THE DATA Block Start

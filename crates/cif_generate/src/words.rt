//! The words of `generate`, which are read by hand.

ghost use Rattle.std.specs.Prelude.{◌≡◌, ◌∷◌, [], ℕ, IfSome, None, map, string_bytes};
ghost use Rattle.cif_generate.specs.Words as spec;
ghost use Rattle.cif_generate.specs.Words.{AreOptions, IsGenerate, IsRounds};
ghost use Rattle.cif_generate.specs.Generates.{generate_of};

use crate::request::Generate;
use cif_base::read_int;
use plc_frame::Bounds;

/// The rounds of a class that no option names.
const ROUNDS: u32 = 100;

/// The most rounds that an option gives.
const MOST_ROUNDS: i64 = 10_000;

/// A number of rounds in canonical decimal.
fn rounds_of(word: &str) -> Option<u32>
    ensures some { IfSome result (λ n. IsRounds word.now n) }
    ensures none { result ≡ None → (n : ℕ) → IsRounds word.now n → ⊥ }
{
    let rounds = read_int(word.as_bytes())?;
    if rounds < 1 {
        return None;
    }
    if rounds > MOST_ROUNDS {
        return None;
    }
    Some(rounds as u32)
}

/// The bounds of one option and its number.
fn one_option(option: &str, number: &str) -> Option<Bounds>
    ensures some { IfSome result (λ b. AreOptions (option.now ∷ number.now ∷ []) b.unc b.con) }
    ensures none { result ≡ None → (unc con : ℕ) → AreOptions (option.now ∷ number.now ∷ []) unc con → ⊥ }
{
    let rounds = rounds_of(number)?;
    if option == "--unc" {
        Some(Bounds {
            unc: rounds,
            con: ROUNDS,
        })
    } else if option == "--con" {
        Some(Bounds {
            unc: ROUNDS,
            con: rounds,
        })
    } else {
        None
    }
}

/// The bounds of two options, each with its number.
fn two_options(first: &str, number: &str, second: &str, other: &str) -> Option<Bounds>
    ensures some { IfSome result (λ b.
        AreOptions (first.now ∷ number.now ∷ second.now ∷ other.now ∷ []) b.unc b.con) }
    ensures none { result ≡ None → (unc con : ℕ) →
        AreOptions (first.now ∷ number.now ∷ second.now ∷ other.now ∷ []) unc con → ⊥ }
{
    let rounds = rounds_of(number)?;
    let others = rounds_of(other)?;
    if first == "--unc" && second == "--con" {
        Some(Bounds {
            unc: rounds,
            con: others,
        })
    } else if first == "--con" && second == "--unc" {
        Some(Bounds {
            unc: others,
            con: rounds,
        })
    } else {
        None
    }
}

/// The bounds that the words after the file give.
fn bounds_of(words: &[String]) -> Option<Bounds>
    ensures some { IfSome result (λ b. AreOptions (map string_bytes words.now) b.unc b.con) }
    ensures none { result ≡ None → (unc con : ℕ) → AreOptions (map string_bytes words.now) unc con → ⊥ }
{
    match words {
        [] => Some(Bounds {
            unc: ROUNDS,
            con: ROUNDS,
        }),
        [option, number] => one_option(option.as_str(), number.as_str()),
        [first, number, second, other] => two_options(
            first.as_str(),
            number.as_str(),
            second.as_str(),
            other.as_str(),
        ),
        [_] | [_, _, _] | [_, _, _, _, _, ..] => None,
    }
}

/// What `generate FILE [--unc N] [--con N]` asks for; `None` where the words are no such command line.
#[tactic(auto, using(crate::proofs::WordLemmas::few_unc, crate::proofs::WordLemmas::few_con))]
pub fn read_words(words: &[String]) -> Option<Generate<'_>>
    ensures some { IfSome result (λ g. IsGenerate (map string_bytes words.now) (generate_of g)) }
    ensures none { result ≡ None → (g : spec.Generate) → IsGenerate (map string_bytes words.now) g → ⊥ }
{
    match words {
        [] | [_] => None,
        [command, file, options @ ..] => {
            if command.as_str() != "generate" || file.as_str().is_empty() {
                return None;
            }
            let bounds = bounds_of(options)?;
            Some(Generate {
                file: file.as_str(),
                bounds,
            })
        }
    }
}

THE DATA Block End

--- EXERCISE ---
Show all lines in the records above that hold "else".

--- REPLY TO THE EXERCISE ---
    } else if option == "--con" {
    } else {
    } else if first == "--con" && second == "--unc" {
    } else {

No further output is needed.